### [WHAT IS EXPECTED]
Could you reproduce, from the records below, everything from the line with "AreRegistrations self.now.state (map" down to the line with "len (links_of self.now.state", keeping both of those lines and changing nothing?

### [EXTRACTED DATA]
//! Iterating over registrations, links and entries.

ghost use Rattle.std.specs.Prelude.{◌≡◌, ◌≤◌, ◌<◌, ◌+◌, map, length, nat_eq, All};
ghost use Rattle.std.specs.FinMap.{len, from_entries};
ghost use Rattle.std.specs.FinSet.{contains};
ghost use Rattle.std.specs.List.{IsDistinct};
ghost use Rattle.std.specs.Map.{keys_of};
ghost use Rattle.fz_table.specs.Tabled.{plain};
ghost use Rattle.fz_table.specs.declared.limits.TheConstants.{MOST_ENTRIES};
ghost use Rattle.fz_finalizers.specs.States.{links_of, unfinished};
ghost use Rattle.fz_finalizers.specs.Walks.{AreRegistrations, links_in_order, registrations_in_order, somes};

use crate::finalizers::Finalizers;
use crate::unfinished::Entries;
use fz_model::{Addr, LinkKind};
use fz_table::{Pairs, Registrations, Stored};

impl Finalizers {
    /// All registrations with their objects, each once. The order stays the same until the next call that takes `&mut self`, so an iteration can continue
    /// later from an index.
    pub fn iter(&self) -> Registrations<'_>
        ensures all { AreRegistrations self.now.state result }
        ensures count { length result ≡ len self.now.registrations }
        ensures limit { length result ≤ MOST_ENTRIES }
        ensures order { result ≡ registrations_in_order self.now }
    {
        self.table.iter()
    }

    /// All registrations as `iter` yields them, each with the flag of the kind `Unreachable`.
    pub fn iter_stored(&self) -> Pairs<'_, Addr, Stored>
        ensures all { AreRegistrations self.now.state (map plain result) }
        ensures flags { All (λ e. e.1.unreachable ≡ contains self.now.late e.0) result }
        ensures count { length result ≡ len self.now.registrations }
        ensures order { result ≡ self.now.order.registrations }
    {
        self.table.iter_stored()
    }

    /// All links of one kind with their targets, each once. The order stays the same until the next call that takes `&mut self`, so an iteration can continue
    /// later from an index.
    pub fn iter_links(&self, kind: LinkKind) -> Pairs<'_, Addr, Addr>
        ensures all { from_entries result ≡ links_of self.now.state kind }
        ensures once { IsDistinct nat_eq (keys_of result) }
        ensures count { length result ≡ len (links_of self.now.state kind) }
        ensures order { result ≡ links_in_order self.now kind }
    {
        match kind {
            LinkKind::Short => self.short.iter(),
            LinkKind::Long => self.long.iter(),
        }
    }

    /// An iterator over the unfinished entries, in queue order: those that are held, and then those that wait. It stays the same until the next call that
    /// takes `&mut self`, even one that fails, so an iteration can continue later from an index.
    pub fn entries(&self) -> Entries<'_>
        ensures all { somes result ≡ unfinished self.now.state }
        ensures order { result ≡ self.now.order.entries }
    {
        self.ready.unfinished()
    }
}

### [RESULT]
        ensures all { AreRegistrations self.now.state (map plain result) }
        ensures flags { All (λ e. e.1.unreachable ≡ contains self.now.late e.0) result }
        ensures count { length result ≡ len self.now.registrations }
        ensures order { result ≡ self.now.order.registrations }
    {
        self.table.iter_stored()
    }

    /// All links of one kind with their targets, each once. The order stays the same until the next call that takes `&mut self`, so an iteration can continue
    /// later from an index.
    pub fn iter_links(&self, kind: LinkKind) -> Pairs<'_, Addr, Addr>
        ensures all { from_entries result ≡ links_of self.now.state kind }
        ensures once { IsDistinct nat_eq (keys_of result) }
        ensures count { length result ≡ len (links_of self.now.state kind) }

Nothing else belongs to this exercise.